╭─ THE DATA
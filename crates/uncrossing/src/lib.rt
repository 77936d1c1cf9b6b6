// The uncrossing of a book at a given price, or without one, in place on lent tables.

#![tactic(auto)]

mod closing;
mod continuing;
mod lapsing;
mod pairing;
mod printing;
mod sifting;

pub use closing::{close_unprinted, print_and_close};
pub use continuing::{open_unprinted, print_and_open};
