// Lapse lines.
ghost use Rattle.std.specs.Prelude.{◌≡◌, ◌+◌, ◌≤◌, length};
ghost use Rattle.trading.specs.declared.report.ReportLine.TheVariants.{Lapse};
ghost use Rattle.trading.specs.Uncrossings.{lapses_by};
ghost use Rattle.lent.specs.Contents.{page, Wrote, ReportKept};

use lent::Report;
use queue::{Numbered, Ranked};
use trading::ReportLine;

// The lapse line of a record: its number, and the quantity that is left.
pub(crate) fn lapse_line<R: Numbered + Ranked>(r: &R) -> ReportLine
    ensures { result ≡ Lapse (R.tag r.now) (R.amount r.now) }
{
    ReportLine::Lapse {
        number: r.number(),
        quantity: r.quantity(),
    }
}

// Writes a lapse line for each record of a queue.
pub(crate) fn write_lapses<R: Numbered + Ranked>(queue: &[R], report: &mut Report<'_>)
    requires { report.old.written + length queue.now ≤ length report.old.lines.now }
    ensures wrote { Wrote (lapses_by (λ r. Lapse (R.tag r) (R.amount r)) queue.now) (page report.old) (page report.new) }
    ensures place { report.new.written ≡ report.old.written + length queue.now }
    ensures kept { ReportKept report.old report.new }
{
    for record in queue {
        report.write(lapse_line(record));
    }
}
╰─
__EXERCISE INSTRUCTIONS__:
Your answer should be the lines above, from the line containing "mod continuing;" up to and including the line containing "use trading::ReportLine;", reproduced exactly and with nothing else.

__RESPONSE BELOW__:
mod continuing;
mod lapsing;
mod pairing;
mod printing;
mod sifting;

pub use closing::{close_unprinted, print_and_close};
pub use continuing::{open_unprinted, print_and_open};
// Lapse lines.
ghost use Rattle.std.specs.Prelude.{◌≡◌, ◌+◌, ◌≤◌, length};
ghost use Rattle.trading.specs.declared.report.ReportLine.TheVariants.{Lapse};
ghost use Rattle.trading.specs.Uncrossings.{lapses_by};
ghost use Rattle.lent.specs.Contents.{page, Wrote, ReportKept};

use lent::Report;
use queue::{Numbered, Ranked};
use trading::ReportLine;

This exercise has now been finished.